*What is required*. A line-by-line copy of the material below is required.

*Provided data*.
_ _ _

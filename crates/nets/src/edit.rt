use model::blocks::{AcceptBlock, MapBlock};

// What a net can be told to do.
// Any byte may be given: the net refuses what is no node or destination, and 33 clears an overlay.
#[derive(Drop)]
pub enum NetEdit<B> {
    Accept(AcceptBlock),
    Map(MapBlock),
    Over { node: u8, destination: u8 },
    DropAccept(AcceptBlock),
    DropMap(MapBlock),
    Enter(u8),
    Plug(B),
}
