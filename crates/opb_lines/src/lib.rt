// The first line of an OPB text, and the way from line to line.
#![tactic(auto)]

ghost use Rattle.std.specs.Prelude.{◌≡◌, ltb};
ghost use Rattle.plpb.specs.Lists.{◌and◌};
ghost use Rattle.tokens.specs.Tokens.{begins};
ghost use Rattle.tokens.specs.Found.{left, read, Reads, Behind, Found};
ghost use Rattle.opb_lines.specs.ReadText.{named_from, named_end, first_formed};
ghost use Rattle.opb_lines.specs.Lines.{NamedAt, FirstOf, next_line};

use tokens::{Number, Text};

// A number behind its name.
fn named_at<'a>(t: Text<'a>, name: &[u8]) -> Option<Number<'a>>
    ensures { Found (begins name.now (left t.entry) and ltb (read (named_from name.now) t.entry) (read (named_end name.now) t.entry))
        (Reads (NamedAt name.now) t.entry) result }
{
    let behind = t.past_word(name)?;
    behind.past_blanks().number()
}

// "a first line `* #variable= n #constraint= m`"
#[derive(Clone, Copy)]
pub struct First {
    pub variables: u32,
    pub constraints: u32,
}

pub fn first_line(s: &[u8]) -> Option<First>
    ensures { Found (first_formed s.now) (FirstOf s.now) result }
{
    let behind = Text::from(s).past_word(b"*")?;
    let variables = named_at(behind.past_blanks(), b"#variable=")?;
    let second = variables.rest.past_some_blanks()?;
    let constraints = named_at(second, b"#constraint=")?;
    constraints.rest.past_blanks().past_word(b"\n")?;
    Some(First {
        variables: variables.value,
        constraints: constraints.value,
    })
}

// Behind the line feed that ends the line, or the end of the text.
pub fn next_line(t: Text<'_>) -> Text<'_>
    ensures { Reads (Behind next_line) t.entry result }
{
    let end = t.line_end();
    end.past_word(b"\n").unwrap_or(end)
}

_ _ _

*Expected output*.
filename crates/nets/src/edit.rt
use model::blocks::{AcceptBlock, MapBlock};

// What a net can be told to do.
// Any byte may be given: the net refuses what is no node or destination, and 33 clears an overlay.
#[derive(Drop)]
pub enum NetEdit<B> {
    Accept(AcceptBlock),
    Map(MapBlock),
    Over { node: u8, destination: u8 },
    DropAccept(AcceptBlock),
    DropMap(MapBlock),
    Enter(u8),
    Plug(B),
}
filename crates/opb_lines/src/lib.rt
// The first line of an OPB text, and the way from line to line.
#![tactic(auto)]

ghost use Rattle.std.specs.Prelude.{◌≡◌, ltb};
ghost use Rattle.plpb.specs.Lists.{◌and◌};
ghost use Rattle.tokens.specs.Tokens.{begins};
ghost use Rattle.tokens.specs.Found.{left, read, Reads, Behind, Found};
ghost use Rattle.opb_lines.specs.ReadText.{named_from, named_end, first_formed};
ghost use Rattle.opb_lines.specs.Lines.{NamedAt, FirstOf, next_line};

use tokens::{Number, Text};

// A number behind its name.
fn named_at<'a>(t: Text<'a>, name: &[u8]) -> Option<Number<'a>>
    ensures { Found (begins name.now (left t.entry) and ltb (read (named_from name.now) t.entry) (read (named_end name.now) t.entry))
        (Reads (NamedAt name.now) t.entry) result }
{
    let behind = t.past_word(name)?;
    behind.past_blanks().number()
}

// "a first line `* #variable= n #constraint= m`"
#[derive(Clone, Copy)]
pub struct First {
    pub variables: u32,
    pub constraints: u32,
}

pub fn first_line(s: &[u8]) -> Option<First>
    ensures { Found (first_formed s.now) (FirstOf s.now) result }
{
    let behind = Text::from(s).past_word(b"*")?;
    let variables = named_at(behind.past_blanks(), b"#variable=")?;
    let second = variables.rest.past_some_blanks()?;
    let constraints = named_at(second, b"#constraint=")?;
    constraints.rest.past_blanks().past_word(b"\n")?;
    Some(First {
        variables: variables.value,
        constraints: constraints.value,
    })
}

// Behind the line feed that ends the line, or the end of the text.
pub fn next_line(t: Text<'_>) -> Text<'_>
    ensures { Reads (Behind next_line) t.entry result }
{
    let end = t.line_end();
    end.past_word(b"\n").unwrap_or(end)
}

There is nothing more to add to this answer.